Required work ::
Below are the entries; give again exactly the lines from the one mentioning "and an expression." through the one mentioning "block comment that", inclusive.
▼
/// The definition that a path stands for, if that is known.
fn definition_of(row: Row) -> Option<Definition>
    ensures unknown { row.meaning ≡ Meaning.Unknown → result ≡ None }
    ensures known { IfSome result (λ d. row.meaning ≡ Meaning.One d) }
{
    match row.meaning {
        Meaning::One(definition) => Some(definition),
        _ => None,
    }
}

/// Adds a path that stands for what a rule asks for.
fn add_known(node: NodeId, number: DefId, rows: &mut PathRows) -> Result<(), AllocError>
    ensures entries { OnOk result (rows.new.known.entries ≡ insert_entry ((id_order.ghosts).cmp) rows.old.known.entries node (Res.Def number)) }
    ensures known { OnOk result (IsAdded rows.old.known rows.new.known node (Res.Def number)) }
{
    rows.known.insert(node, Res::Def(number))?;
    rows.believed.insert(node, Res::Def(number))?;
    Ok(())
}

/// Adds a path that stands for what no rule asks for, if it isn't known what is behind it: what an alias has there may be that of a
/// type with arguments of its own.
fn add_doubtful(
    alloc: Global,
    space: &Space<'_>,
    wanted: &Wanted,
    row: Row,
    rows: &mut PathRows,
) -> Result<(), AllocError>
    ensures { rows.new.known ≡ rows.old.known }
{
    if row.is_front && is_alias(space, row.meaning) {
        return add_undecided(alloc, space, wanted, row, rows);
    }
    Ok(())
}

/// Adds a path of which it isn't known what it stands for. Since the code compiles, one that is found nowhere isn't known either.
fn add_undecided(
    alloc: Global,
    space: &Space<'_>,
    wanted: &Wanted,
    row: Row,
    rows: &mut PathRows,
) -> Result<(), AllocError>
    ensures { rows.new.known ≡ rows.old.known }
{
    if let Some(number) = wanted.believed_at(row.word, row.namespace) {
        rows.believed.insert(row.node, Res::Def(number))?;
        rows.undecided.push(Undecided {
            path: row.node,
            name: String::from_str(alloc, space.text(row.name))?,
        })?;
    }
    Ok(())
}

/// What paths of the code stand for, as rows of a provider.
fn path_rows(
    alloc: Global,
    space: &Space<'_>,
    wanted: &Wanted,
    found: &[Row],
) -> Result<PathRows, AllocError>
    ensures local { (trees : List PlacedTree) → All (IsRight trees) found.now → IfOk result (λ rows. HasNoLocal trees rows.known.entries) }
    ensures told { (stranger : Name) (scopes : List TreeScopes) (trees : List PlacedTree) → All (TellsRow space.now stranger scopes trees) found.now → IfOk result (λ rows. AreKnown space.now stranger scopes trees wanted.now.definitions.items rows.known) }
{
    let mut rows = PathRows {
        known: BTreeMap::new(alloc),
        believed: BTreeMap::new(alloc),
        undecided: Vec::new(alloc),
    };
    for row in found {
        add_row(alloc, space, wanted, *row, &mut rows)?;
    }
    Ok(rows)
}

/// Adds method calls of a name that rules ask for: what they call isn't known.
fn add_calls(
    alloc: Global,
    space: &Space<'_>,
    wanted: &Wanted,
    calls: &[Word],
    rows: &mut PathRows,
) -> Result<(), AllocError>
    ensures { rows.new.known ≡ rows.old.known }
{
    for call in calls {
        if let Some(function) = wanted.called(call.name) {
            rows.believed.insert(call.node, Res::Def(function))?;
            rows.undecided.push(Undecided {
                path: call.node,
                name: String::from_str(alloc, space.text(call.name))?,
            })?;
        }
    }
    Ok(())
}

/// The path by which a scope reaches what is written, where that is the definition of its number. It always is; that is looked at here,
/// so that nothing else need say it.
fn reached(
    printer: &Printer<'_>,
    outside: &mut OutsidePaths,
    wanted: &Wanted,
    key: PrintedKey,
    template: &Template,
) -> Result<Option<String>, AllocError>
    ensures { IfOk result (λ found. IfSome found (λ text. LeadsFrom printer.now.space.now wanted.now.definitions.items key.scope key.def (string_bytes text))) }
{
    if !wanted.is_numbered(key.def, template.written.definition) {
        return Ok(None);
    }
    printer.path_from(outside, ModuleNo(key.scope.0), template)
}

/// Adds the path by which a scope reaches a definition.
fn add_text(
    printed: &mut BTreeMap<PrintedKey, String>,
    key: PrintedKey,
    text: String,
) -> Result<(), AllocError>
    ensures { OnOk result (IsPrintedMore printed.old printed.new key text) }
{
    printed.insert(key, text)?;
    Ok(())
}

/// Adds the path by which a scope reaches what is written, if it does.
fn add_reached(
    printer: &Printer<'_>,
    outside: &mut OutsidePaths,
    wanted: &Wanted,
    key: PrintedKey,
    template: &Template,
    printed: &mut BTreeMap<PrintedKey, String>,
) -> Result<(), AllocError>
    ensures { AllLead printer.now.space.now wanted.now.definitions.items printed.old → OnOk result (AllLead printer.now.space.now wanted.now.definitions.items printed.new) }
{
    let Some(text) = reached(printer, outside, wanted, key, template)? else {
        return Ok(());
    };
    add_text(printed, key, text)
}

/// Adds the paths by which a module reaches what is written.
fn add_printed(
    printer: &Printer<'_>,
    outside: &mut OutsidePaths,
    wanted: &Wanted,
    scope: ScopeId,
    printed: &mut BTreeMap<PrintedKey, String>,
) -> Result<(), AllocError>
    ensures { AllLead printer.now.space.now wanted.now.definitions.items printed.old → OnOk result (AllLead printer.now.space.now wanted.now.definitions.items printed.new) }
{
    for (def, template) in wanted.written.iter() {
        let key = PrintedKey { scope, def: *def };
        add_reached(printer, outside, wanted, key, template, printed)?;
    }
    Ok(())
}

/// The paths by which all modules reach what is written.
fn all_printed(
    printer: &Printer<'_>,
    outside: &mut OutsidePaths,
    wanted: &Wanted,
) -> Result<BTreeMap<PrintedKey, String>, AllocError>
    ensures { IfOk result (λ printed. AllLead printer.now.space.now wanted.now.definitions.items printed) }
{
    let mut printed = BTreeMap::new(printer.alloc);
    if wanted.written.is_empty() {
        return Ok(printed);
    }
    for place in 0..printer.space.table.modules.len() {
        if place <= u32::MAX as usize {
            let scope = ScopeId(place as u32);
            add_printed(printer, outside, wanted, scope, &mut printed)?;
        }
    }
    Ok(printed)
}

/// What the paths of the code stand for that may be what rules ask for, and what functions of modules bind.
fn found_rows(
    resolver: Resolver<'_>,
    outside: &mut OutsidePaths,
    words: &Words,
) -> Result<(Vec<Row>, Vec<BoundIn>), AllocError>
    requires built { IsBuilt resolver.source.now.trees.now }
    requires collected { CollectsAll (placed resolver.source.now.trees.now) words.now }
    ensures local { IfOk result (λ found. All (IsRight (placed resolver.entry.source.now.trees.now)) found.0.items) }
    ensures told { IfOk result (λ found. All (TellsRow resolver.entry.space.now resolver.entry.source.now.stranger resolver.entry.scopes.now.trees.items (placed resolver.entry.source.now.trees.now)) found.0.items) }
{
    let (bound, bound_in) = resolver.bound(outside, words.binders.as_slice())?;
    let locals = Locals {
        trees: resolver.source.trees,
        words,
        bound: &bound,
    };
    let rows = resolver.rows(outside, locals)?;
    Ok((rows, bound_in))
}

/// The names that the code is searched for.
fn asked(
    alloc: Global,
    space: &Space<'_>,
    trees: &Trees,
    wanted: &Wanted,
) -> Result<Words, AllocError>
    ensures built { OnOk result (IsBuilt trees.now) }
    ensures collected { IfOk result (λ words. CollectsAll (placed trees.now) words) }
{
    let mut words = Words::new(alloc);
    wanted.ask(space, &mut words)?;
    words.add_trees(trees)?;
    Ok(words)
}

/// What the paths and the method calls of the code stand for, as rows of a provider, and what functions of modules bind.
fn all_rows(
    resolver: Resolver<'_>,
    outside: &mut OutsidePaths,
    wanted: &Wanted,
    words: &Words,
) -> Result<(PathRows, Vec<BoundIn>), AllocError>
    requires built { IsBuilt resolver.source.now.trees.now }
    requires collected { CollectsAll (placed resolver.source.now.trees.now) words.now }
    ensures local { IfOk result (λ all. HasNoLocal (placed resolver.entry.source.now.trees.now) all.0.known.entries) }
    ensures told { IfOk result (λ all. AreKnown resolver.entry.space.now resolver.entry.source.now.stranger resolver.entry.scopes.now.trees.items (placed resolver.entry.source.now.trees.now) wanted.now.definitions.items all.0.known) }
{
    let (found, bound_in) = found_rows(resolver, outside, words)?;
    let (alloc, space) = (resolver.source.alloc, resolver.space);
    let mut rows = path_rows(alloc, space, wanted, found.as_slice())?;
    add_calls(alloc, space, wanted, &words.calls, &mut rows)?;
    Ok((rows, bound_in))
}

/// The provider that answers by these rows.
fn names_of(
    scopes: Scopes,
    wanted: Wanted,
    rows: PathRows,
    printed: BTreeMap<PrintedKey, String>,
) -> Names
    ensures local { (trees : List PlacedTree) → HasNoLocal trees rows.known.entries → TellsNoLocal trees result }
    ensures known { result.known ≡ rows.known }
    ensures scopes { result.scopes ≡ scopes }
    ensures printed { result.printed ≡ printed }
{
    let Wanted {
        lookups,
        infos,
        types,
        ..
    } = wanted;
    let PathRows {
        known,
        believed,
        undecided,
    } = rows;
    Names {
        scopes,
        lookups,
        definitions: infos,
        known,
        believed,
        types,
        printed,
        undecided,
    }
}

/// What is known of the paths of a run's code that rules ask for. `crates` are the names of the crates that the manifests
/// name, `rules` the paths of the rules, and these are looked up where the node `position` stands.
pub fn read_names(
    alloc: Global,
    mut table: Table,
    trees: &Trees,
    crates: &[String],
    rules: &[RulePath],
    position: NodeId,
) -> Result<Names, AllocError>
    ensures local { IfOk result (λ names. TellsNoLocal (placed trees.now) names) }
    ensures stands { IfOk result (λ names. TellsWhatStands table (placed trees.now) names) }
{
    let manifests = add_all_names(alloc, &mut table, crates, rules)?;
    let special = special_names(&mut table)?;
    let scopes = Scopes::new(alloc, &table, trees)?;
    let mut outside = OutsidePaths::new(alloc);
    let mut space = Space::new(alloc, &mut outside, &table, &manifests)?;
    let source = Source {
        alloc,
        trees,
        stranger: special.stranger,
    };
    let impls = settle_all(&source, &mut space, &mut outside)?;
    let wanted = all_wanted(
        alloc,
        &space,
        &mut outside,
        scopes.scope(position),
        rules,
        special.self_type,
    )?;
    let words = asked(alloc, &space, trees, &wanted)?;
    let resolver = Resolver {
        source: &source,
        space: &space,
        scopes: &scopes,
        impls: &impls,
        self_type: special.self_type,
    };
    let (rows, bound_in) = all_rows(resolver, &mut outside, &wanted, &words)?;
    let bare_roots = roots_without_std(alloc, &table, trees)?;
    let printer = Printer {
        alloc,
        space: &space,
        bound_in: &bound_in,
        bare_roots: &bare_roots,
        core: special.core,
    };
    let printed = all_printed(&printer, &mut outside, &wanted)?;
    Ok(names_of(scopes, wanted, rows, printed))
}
▲
▼
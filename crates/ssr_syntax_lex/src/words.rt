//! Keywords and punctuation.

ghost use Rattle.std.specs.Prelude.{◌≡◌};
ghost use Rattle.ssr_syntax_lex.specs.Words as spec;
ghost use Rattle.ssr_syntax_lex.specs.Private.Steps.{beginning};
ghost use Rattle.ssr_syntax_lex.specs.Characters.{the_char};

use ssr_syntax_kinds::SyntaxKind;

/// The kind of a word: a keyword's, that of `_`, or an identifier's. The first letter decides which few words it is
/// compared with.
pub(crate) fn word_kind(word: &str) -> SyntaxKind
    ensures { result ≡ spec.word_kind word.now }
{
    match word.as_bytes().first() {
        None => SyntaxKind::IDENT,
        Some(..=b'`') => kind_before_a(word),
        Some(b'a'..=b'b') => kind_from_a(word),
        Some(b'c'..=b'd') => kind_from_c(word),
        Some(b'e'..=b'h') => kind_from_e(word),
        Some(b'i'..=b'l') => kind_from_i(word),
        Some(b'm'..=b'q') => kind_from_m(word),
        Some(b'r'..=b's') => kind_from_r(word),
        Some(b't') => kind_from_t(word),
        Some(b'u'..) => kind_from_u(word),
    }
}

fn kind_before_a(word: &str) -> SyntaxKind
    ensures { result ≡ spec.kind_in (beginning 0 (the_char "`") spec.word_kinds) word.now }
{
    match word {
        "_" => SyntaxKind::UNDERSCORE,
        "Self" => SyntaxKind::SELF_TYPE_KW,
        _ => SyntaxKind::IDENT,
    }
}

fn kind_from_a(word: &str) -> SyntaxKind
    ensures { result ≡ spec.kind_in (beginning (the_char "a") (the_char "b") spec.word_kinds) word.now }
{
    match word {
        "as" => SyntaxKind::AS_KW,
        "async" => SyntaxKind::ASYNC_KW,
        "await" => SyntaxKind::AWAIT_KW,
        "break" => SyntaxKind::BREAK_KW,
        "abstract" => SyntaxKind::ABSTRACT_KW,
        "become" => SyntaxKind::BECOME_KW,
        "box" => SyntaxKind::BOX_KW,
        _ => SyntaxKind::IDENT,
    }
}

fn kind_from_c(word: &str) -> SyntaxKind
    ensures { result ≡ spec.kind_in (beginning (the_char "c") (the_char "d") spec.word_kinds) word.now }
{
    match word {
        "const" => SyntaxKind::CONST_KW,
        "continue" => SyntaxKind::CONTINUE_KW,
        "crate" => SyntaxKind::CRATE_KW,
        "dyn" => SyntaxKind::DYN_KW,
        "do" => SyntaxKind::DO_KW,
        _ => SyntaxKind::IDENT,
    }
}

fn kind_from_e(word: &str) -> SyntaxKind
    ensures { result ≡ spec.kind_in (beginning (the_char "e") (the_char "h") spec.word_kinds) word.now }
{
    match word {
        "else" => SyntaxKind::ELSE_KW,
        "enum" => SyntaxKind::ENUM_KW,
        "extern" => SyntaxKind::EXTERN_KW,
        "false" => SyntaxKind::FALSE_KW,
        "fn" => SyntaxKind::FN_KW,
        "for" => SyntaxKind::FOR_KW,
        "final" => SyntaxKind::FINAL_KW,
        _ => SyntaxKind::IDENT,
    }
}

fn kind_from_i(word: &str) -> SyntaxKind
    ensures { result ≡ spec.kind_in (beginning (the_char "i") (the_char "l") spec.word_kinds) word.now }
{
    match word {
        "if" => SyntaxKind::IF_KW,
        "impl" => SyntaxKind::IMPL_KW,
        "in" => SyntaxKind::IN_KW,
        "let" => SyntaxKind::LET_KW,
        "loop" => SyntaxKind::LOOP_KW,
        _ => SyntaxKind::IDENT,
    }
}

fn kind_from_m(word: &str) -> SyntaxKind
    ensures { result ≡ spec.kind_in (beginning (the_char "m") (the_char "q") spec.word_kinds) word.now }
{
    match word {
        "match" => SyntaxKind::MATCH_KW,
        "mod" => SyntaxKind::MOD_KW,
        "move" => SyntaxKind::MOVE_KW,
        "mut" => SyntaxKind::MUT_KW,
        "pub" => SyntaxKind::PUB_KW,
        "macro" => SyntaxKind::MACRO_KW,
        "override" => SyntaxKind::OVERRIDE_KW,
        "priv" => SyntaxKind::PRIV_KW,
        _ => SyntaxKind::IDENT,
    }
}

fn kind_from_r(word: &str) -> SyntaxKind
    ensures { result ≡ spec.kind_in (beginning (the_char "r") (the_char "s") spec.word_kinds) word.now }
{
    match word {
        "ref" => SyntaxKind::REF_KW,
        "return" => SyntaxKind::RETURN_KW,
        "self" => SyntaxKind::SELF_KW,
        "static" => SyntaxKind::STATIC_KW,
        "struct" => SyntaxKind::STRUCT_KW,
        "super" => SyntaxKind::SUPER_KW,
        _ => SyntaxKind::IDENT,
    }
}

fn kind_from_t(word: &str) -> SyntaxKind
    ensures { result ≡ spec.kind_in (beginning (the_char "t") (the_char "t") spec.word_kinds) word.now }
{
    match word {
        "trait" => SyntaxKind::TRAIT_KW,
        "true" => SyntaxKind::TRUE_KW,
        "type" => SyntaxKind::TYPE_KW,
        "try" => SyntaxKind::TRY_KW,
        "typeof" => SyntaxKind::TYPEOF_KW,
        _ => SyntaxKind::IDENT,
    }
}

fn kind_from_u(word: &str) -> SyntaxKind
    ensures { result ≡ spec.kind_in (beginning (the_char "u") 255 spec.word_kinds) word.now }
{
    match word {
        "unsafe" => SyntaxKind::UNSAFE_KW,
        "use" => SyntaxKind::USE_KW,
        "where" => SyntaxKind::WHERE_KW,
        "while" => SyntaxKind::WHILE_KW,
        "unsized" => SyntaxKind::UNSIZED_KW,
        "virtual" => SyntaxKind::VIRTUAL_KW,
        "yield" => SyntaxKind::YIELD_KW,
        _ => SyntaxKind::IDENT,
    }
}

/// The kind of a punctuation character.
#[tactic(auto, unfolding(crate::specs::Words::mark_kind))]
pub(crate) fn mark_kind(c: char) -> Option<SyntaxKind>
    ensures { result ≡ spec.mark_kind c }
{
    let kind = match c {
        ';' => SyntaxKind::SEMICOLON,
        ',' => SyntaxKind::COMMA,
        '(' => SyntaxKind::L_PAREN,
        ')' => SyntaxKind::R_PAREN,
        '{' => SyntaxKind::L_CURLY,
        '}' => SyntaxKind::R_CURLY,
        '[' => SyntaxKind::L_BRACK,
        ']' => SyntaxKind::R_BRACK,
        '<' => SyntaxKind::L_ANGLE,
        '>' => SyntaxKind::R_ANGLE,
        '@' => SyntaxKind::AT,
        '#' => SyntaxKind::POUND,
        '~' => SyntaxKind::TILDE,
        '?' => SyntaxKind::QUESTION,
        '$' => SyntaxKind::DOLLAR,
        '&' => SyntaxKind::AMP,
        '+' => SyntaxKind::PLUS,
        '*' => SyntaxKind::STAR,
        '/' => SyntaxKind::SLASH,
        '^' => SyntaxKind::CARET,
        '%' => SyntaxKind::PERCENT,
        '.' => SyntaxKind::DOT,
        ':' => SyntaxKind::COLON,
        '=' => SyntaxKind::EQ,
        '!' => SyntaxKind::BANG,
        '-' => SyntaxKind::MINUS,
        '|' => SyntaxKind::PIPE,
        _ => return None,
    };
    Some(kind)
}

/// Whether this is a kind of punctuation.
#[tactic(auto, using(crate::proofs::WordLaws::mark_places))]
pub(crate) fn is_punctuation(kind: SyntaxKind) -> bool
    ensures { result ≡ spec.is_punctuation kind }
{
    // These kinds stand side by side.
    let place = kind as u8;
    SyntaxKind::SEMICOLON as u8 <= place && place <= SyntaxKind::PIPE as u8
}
▲
▼
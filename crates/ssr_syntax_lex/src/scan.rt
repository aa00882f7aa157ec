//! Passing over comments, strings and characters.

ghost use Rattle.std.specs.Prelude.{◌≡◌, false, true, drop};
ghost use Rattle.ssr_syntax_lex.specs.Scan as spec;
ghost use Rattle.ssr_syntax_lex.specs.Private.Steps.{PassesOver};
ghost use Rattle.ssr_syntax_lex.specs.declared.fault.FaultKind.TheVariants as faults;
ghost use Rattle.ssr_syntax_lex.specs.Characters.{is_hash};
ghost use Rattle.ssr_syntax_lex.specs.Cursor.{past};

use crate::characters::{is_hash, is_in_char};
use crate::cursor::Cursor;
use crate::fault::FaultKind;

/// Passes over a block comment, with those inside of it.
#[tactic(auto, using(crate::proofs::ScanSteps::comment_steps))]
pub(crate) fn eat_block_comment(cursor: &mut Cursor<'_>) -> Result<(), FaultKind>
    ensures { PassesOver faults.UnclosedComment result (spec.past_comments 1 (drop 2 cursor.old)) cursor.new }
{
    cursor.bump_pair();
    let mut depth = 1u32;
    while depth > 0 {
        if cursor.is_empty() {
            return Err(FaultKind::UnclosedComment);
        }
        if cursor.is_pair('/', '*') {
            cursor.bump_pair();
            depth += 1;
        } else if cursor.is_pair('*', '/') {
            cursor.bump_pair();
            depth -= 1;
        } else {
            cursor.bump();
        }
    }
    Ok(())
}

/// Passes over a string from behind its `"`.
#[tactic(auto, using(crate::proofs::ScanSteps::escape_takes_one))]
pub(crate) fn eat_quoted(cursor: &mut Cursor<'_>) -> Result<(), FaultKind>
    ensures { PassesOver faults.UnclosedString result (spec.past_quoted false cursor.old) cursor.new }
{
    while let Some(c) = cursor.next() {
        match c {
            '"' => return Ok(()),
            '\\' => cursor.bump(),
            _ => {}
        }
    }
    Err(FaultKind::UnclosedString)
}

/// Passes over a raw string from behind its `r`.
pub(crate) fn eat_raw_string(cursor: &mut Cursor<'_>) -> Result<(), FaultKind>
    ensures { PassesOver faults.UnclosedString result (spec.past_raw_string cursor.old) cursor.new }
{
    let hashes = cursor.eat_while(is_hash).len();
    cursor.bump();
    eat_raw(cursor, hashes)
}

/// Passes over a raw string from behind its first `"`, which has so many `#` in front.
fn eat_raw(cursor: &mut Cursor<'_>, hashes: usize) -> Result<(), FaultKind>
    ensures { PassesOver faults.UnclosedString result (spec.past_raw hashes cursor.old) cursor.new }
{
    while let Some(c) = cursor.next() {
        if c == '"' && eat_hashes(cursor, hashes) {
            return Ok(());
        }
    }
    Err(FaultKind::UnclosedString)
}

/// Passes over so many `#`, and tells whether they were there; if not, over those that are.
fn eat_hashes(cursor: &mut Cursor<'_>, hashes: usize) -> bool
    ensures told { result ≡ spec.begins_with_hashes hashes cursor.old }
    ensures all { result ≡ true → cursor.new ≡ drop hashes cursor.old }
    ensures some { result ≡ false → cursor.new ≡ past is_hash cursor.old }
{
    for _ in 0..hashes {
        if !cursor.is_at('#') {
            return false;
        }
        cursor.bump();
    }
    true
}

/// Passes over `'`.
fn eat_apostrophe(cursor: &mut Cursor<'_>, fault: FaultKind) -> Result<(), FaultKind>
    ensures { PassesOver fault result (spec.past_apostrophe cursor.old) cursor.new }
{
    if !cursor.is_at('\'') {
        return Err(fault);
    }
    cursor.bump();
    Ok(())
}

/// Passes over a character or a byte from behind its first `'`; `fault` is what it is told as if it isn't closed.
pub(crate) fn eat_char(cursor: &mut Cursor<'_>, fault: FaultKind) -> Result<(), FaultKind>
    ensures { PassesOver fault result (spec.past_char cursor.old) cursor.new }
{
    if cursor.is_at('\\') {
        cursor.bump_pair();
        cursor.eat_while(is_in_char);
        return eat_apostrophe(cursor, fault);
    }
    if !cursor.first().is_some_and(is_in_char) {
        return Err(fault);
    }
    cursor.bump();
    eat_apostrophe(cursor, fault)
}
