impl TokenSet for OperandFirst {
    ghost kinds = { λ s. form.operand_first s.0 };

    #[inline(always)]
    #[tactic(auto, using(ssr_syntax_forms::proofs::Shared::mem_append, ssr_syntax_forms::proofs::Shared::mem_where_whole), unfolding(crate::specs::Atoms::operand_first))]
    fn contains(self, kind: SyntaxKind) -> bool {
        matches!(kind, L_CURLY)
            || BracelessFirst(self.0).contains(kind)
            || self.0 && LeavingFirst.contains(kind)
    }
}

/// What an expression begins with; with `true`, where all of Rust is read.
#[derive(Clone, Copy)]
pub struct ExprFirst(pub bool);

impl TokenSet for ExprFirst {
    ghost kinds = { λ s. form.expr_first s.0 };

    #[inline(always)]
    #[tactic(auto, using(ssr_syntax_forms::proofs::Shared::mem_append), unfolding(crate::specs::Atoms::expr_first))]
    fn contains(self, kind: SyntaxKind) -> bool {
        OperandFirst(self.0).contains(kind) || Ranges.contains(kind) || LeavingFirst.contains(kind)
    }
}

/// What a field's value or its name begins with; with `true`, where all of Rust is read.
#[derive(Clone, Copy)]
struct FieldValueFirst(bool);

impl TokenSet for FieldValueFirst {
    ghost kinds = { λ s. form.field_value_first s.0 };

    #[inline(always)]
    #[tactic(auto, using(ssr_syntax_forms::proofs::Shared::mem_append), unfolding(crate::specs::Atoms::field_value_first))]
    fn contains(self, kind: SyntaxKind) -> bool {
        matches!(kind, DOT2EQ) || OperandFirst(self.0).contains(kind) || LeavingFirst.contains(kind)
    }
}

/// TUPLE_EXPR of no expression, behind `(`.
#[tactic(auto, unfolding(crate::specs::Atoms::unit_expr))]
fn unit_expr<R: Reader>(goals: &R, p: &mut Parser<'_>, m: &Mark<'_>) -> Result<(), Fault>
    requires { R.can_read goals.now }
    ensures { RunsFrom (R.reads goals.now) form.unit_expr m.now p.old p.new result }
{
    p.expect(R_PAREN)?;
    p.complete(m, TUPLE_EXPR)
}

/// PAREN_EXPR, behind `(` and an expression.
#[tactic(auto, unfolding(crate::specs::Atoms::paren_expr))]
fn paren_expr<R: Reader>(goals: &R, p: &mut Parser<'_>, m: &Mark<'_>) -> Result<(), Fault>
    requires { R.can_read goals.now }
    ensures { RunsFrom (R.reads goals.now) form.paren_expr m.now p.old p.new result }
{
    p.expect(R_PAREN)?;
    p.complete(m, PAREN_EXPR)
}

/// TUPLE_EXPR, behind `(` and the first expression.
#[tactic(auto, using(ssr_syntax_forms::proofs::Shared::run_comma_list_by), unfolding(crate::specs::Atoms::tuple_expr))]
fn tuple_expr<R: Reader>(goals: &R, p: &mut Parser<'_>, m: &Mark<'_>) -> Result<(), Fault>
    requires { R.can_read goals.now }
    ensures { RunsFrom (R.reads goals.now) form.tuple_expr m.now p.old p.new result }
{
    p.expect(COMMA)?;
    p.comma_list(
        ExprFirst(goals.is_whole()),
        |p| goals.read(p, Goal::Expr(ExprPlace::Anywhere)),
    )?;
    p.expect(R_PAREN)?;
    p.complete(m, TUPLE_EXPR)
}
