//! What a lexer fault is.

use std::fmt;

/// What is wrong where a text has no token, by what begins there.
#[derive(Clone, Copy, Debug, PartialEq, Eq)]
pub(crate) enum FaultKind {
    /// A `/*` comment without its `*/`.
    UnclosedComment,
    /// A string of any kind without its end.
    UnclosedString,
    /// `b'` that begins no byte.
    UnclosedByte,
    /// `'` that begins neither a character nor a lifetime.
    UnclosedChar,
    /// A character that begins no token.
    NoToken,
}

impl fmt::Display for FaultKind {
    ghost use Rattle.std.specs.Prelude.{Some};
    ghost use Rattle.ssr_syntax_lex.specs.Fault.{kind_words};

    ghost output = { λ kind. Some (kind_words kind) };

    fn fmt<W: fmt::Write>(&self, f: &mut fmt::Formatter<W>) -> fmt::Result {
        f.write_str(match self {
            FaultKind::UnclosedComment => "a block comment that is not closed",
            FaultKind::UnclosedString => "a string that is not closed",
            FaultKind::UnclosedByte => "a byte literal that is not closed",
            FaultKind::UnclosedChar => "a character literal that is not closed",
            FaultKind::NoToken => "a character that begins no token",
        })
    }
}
▲
Solution to the problem ::
/// PAREN_EXPR, behind `(` and an expression.
#[tactic(auto, unfolding(crate::specs::Atoms::paren_expr))]
fn paren_expr<R: Reader>(goals: &R, p: &mut Parser<'_>, m: &Mark<'_>) -> Result<(), Fault>
    requires { R.can_read goals.now }
    ensures { RunsFrom (R.reads goals.now) form.paren_expr m.now p.old p.new result }
{
    p.expect(R_PAREN)?;
    p.complete(m, PAREN_EXPR)
}

/// TUPLE_EXPR, behind `(` and the first expression.
#[tactic(auto, using(ssr_syntax_forms::proofs::Shared::run_comma_list_by), unfolding(crate::specs::Atoms::tuple_expr))]
fn tuple_expr<R: Reader>(goals: &R, p: &mut Parser<'_>, m: &Mark<'_>) -> Result<(), Fault>
    requires { R.can_read goals.now }
    ensures { RunsFrom (R.reads goals.now) form.tuple_expr m.now p.old p.new result }
{
    p.expect(COMMA)?;
    p.comma_list(
        ExprFirst(goals.is_whole()),
        |p| goals.read(p, Goal::Expr(ExprPlace::Anywhere)),
    )?;
    p.expect(R_PAREN)?;
    p.complete(m, TUPLE_EXPR)
}
//! What a lexer fault is.

use std::fmt;

/// What is wrong where a text has no token, by what begins there.
#[derive(Clone, Copy, Debug, PartialEq, Eq)]
pub(crate) enum FaultKind {
    /// A `/*` comment without its `*/`.
    UnclosedComment,
    /// A string of any kind without its end.
    UnclosedString,
    /// `b'` that begins no byte.
    UnclosedByte,
    /// `'` that begins neither a character nor a lifetime.
    UnclosedChar,
    /// A character that begins no token.
    NoToken,
}

impl fmt::Display for FaultKind {
    ghost use Rattle.std.specs.Prelude.{Some};
    ghost use Rattle.ssr_syntax_lex.specs.Fault.{kind_words};

    ghost output = { λ kind. Some (kind_words kind) };

    fn fmt<W: fmt::Write>(&self, f: &mut fmt::Formatter<W>) -> fmt::Result {
        f.write_str(match self {
            FaultKind::UnclosedComment => "a block comment that is not closed",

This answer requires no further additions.